El ecoalarmismo está de moda, aunque no es una novela reciente. La cuestión es si se trata de una epopeya heroica basada en hechos comprobables o una especie de mitología moderna. En el foco de la discusión se encuentra la creencia predominante de que vivimos los días más calurosos de la historia, alimentada por una oleada de informes sensacionalistas y discursos climáticos cada vez más apocalípticos. ¿Es verdaderamente tan abrasadora la realidad o estamos más bien ante un mirage causado por un sol políticamente interesado?
Si uno enciende el televisor o abre un periódico, se encontrará con la repetida afirmación de que el cambio climático nos ha llevado a un punto de no retorno. Sin embargo, esta retórica catastrofista carece de un respaldo científico robusto. Los datos sobre los que se basan estas afirmaciones son, en el mejor de los casos, engañosos y, en el peor, profundamente defectuosos.
Las voces críticas, en su intento de desmontar la histeria climática, han expuesto una serie de problemas clave. Como ejemplo, muchos apuntan a la falta de datos confiables, evidenciando la escasa solidez de las afirmaciones de que la temperatura media global de la semana pasada fue la más alta registrada en la historia. Los informes citaban una temperatura media global de 62,6º Fahrenheit, un dato basado en un reanalizador climático de la Universidad de Maine. Sin embargo, otras fuentes, como temperature.global, estimaban una temperatura bastante más moderada de 57,5º Fahrenheit.

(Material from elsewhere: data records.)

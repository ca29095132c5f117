//! IS.

ghost use Rattle.std.specs.Prelude.{◌≡◌, Some, not, IfOk, OnOk};
ghost use Rattle.std.specs.Option.{option_copied};
ghost use Rattle.ob_rules.specs.Books.{book_after};
ghost use Rattle.ob_rules.specs.Judged as judged;
ghost use Rattle.ob_rules.specs.Names.{map_of};
ghost use Rattle.ob_rules.specs.Expressions as spec;
ghost use Rattle.ob_rules.specs.Values as values;
ghost use Rattle.ob_types.specs.TypedKinds.{of_basic};
ghost use Rattle.ob_types.specs.declared.types.Basic.TheVariants as basics;
ghost use Rattle.ob_cexpr_operand.specs.Plain.{plain};
ghost use Rattle.ob_rules.specs.declared.values.Valued.{Valued as AValued};
ghost use Rattle.ob_rules.specs.declared.broken.Rule.TheVariants as rule;

use ob_cexpr_designator::{guard_of, if_extends};
use ob_cexpr_name::{array_type, is_pointer, pointed_record, tree_of, type_named, types};
use ob_rules::{Computed, Notebook, Place, Rule, Surroundings, Valued};
use ob_tree::{Pos, QName, Qualident};
use ob_types::{Basic, ExprType, Guarded, TypeRef, Types};
use ob_types_trees::{ExprTree, copy_name};
use std::alloc::{AllocError, Global};

#[tactic(auto, using(ob_cexpr_operator::proofs::PointedLaws::no_pointer, ob_cexpr_operator::proofs::PointedLaws::some_pointer))]
fn points<T: Types>(types: &T, x: &Valued) -> bool
    ensures { result ≡ values.points (T.types types.now) (values.type x.now) }
{
    match array_type(x) {
        None => false,
        Some(t) => is_pointer(types, t),
    }
}

fn is_var_record(x: &Valued) -> bool
    ensures { result ≡ spec.var_record_in (values.place_in x.now) }
{
    match x {
        Valued::Place(place) => place.var_record,
        Valued::Constant(_) | Valued::Node(_) => false,
    }
}

fn is_testable<T: Types>(types: &T, x: &Valued) -> bool
    ensures { result ≡ spec.testable (T.types types.now) x.now }
{
    points(types, x) || is_var_record(x)
}

fn testable_by<T: Types>(
    types: &T,
    book: &mut Notebook,
    at: Pos,
    x: Option<Valued>,
) -> Option<Valued>
    ensures made { result ≡ (spec.untestable (T.types types.now) at (plain x)).node }
    ensures noted { book.new ≡ book_after book.old (spec.untestable (T.types types.now) at (plain x)).notes }
{
    match x {
        None => None,
        Some(x) => {
            let testable = is_testable(types, &x);
            book.wants(testable, Rule::UnfitTypeTest, at, x)
        }
    }
}

fn testable<S: Surroundings>(
    here: &S,
    book: &mut Notebook,
    at: Pos,
    x: Option<Valued>,
) -> Option<Valued>
    ensures made { result ≡ (spec.untestable (map_of (S.around here.now)) at (plain x)).node }
    ensures noted { book.new ≡ book_after book.old (spec.untestable (map_of (S.around here.now)) at (plain x)).notes }
{
    testable_by(types(here), book, at, x)
}

#[tactic(auto, using(crate::proofs::TestLaws::record_named))]
fn pointed_by<'a, T: Types>(types: &'a T, x: &'a Valued) -> Option<&'a QName>
    ensures { option_copied result ≡ spec.record_if (T.types types.now) (values.type_in (values.type x.now)) }
{
    match array_type(x) {
        None => None,
        Some(t) => pointed_record(types, t),
    }
}

// The record that a value points to.
fn record_behind<T: Types>(types: &T, x: &Valued) -> Result<Option<QName>, AllocError>
    ensures { IfOk result (λ r. r ≡ spec.record_if (T.types types.now) (values.type_in (values.type x.now))) }
{
    match pointed_by(types, x) {
        None => Ok(None),
        Some(name) => {
            let name = copy_name(name)?;
            Ok(Some(name))
        }
    }
}

fn truth(tree: ExprTree) -> Valued
    ensures { result ≡ values.computed tree.inner (of_basic basics.Boolean) }
{
    Valued::Node(Computed {
        tree,
        of: ExprType::Of(TypeRef::Basic(Basic::Boolean)),
    })
}

fn pointer_test(
    alloc: Global,
    x: Valued,
    guard: Option<(Guarded, QName)>,
) -> Result<Option<Valued>, AllocError>
    ensures { IfOk result (λ r. r ≡ spec.pointer_test x guard) }
{
    match guard {
        None => Ok(None),
        Some((_, target)) => {
            let tree = ExprTree::is_pointer(alloc, tree_of(x), target)?;
            Ok(Some(truth(tree)))
        }
    }
}

fn record_test(place: Place, guard: Option<(Guarded, QName)>) -> Option<Valued>
    ensures { result ≡ spec.record_test place guard }
{
    match guard {
        None => None,
        Some((_, target)) => {
            let designator = place.into_designator();
            Some(truth(ExprTree::is_record(designator, target)))
        }
    }
}

fn test_record<T: Types>(types: &T, x: Valued, t: &TypeRef) -> Result<Option<Valued>, AllocError>
    ensures { IfOk result (λ r. r ≡ spec.test_record (T.types types.now) (values.place_in x) t.now) }
{
    match x {
        Valued::Place(place) => {
            let guard = guard_of(types, &place, t)?;
            Ok(record_test(place, guard))
        }
        Valued::Constant(_) | Valued::Node(_) => Ok(None),
    }
}

fn test_pointer<T: Types>(
    alloc: Global,
    types: &T,
    x: Valued,
    t: &TypeRef,
    of: QName,
) -> Result<Option<Valued>, AllocError>
    ensures { IfOk result (λ r. r ≡ spec.test_of (T.types types.now) x t.now (Some of)) }
{
    let guard = if_extends(types, Guarded::Pointer, Some(&of), pointed_record(types, t))?;
    pointer_test(alloc, x, guard)
}

fn test_of<T: Types>(
    alloc: Global,
    types: &T,
    x: Valued,
    t: &TypeRef,
) -> Result<Option<Valued>, AllocError>
    ensures { IfOk result (λ r. r ≡ spec.test_of (T.types types.now) x t.now (spec.record_if (T.types types.now) (values.type_in (values.type x)))) }
{
    match record_behind(types, &x)? {
        Some(of) => test_pointer(alloc, types, x, t, of),
        None => test_record(types, x, t),
    }
}

fn test_by<T: Types>(
    alloc: Global,
    types: &T,
    book: &mut Notebook,
    at: Pos,
    x: Option<Valued>,
    t: Option<TypeRef>,
) -> Result<Option<Valued>, AllocError>
    ensures made { IfOk result (λ r. r ≡ (judged.if_sound (judged.paired x t) (λ p. spec.test (T.types types.now) at p.0 p.1)).node) }
    ensures noted { OnOk result (book.new ≡ book_after book.old (judged.if_sound (judged.paired x t) (λ p. spec.test (T.types types.now) at p.0 p.1)).notes) }
{
    match x {
        None => Ok(None),
        Some(x) => match t {
            None => Ok(None),
            Some(t) => {
                let test = test_of(alloc, types, x, &t)?;
                Ok(book.found_or(Rule::UnfitTypeTest, at, test))
            }
        },
    }
}

fn test<S: Surroundings>(
    alloc: Global,
    here: &S,
    book: &mut Notebook,
    at: Pos,
    x: Option<Valued>,
    t: Option<TypeRef>,
) -> Result<Option<Valued>, AllocError>
    ensures made { IfOk result (λ r. r ≡ (judged.if_sound (judged.paired x t) (λ p. spec.test (map_of (S.around here.now)) at p.0 p.1)).node) }
    ensures noted { OnOk result (book.new ≡ book_after book.old (judged.if_sound (judged.paired x t) (λ p. spec.test (map_of (S.around here.now)) at p.0 p.1)).notes) }
{
    test_by(alloc, types(here), book, at, x, t)
}

/// A test for the type of that name. None where it breaks rule 23, or the name breaks a rule.
#[inline(never)]
pub fn type_test<S: Surroundings>(
    alloc: Global,
    here: &S,
    book: &mut Notebook,
    at: Pos,
    x: Option<Valued>,
    name: &Qualident,
) -> Result<Option<Valued>, AllocError>
    ensures made { IfOk result (λ r. r ≡ (spec.type_test (S.around here.now) at (plain x) name.now).node) }
    ensures noted { OnOk result (book.new ≡ book_after book.old (spec.type_test (S.around here.now) at (plain x) name.now).notes) }
{
    let x = testable(here, book, at, x);
    let t = type_named(alloc, here, book, name)?;
    test(alloc, here, book, at, x, t)
}

fn misfit<T: Types>(types: &T, book: &mut Notebook, at: Pos, x: &Valued)
    ensures { book.new ≡ book_after book.old (judged.also (not (spec.testable (T.types types.now) x.now)) rule.UnfitTypeTest at (judged.breaks {A = AValued} rule.UnfitOperands at)).notes }
{
    if !is_testable(types, x) {
        book.breaks(Rule::UnfitTypeTest, at);
    }
    book.breaks(Rule::UnfitOperands, at);
}

/// IS with something else on its right, which breaks rule 21. What stands on both sides is noted
/// already.
#[inline(never)]
pub fn other_test<S: Surroundings>(
    here: &S,
    book: &mut Notebook,
    at: Pos,
    x: Option<Valued>,
    y: Option<Valued>,
) -> Option<Valued>
    ensures made { result ≡ (spec.other_test (map_of (S.around here.now)) at (plain x) (plain y)).node }
    ensures noted { book.new ≡ book_after book.old (spec.other_test (map_of (S.around here.now)) at (plain x) (plain y)).notes }
{
    match x {
        None => None,
        Some(x) => match y {
            None => None,
            Some(_) => {
                misfit(types(here), book, at, &x);
                None
            }
        },
    }
}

El periodista Steve Milloy, en un artículo publicado en The Wall Street Journal, critica la misma noción de «temperatura media mundial», arguyendo que es más un concepto político que científico. Añade que la Tierra y su atmósfera son inmensamente diversas, y ningún lugar es «significativamente medio». Más aún, Milloy cuestiona la fiabilidad de los datos pre-satélite, que constituyen la base de muchos informes de temperatura.
La cuestión se complica aún más cuando consideramos el problema de los datos corruptos, un problema que Milloy resalta. Según él, el 96% de las estaciones de temperatura de Estados Unidos producen datos corruptos. Además, muchas de estas estaciones tienen un margen de error de hasta un grado Celsius, una inconsistencia alarmante para algo tan crítico como la medición climática.
También se plantea el interrogante de las zonas sin medir. A pesar de las referencias a una «temperatura global», la realidad es que una gran parte de la superficie terrestre no está siendo monitoreada. A esto se suma que la recolección de datos en lugares críticos como los polos comenzó mucho después de la fecha de inicio que muchas fuentes indican.
Las agencias oficiales, en sus momentos de honestidad, confiesan que el impacto de la crisis climática en la vida real de los ciudadanos y la economía es menos dramático de lo que se suele presentar. Un informe del Consejo de Asesores Económicos y la Oficina de Gestión y Presupuesto de la Casa Blanca concluyó que una subida atribuida al cambio climático de 2,2º Fahrenheit causó una caída de solo el 0,5% del PIB. Una cifra muy distinta a la calamidad económica que se nos pinta a menudo.
Por último, debemos considerar la manipulación de los datos históricos. El experto Tony Heller ha destacado que muchos de los récords de calor actuales fueron registrados antes de 1960. Heller demuestra que numerosos «récords» de calor recientes son simplemente productos de una alteración retrospectiva de los datos.
Por tanto, ¿no deberíamos cuestionar el discurso predominante del ecoalarmismo? En lugar de caer en la histeria, convendría que adoptásemos un enfoque más sobrio y crítico hacia la retórica del calentamiento global y demandásemos una ciencia climática más transparente y precisa.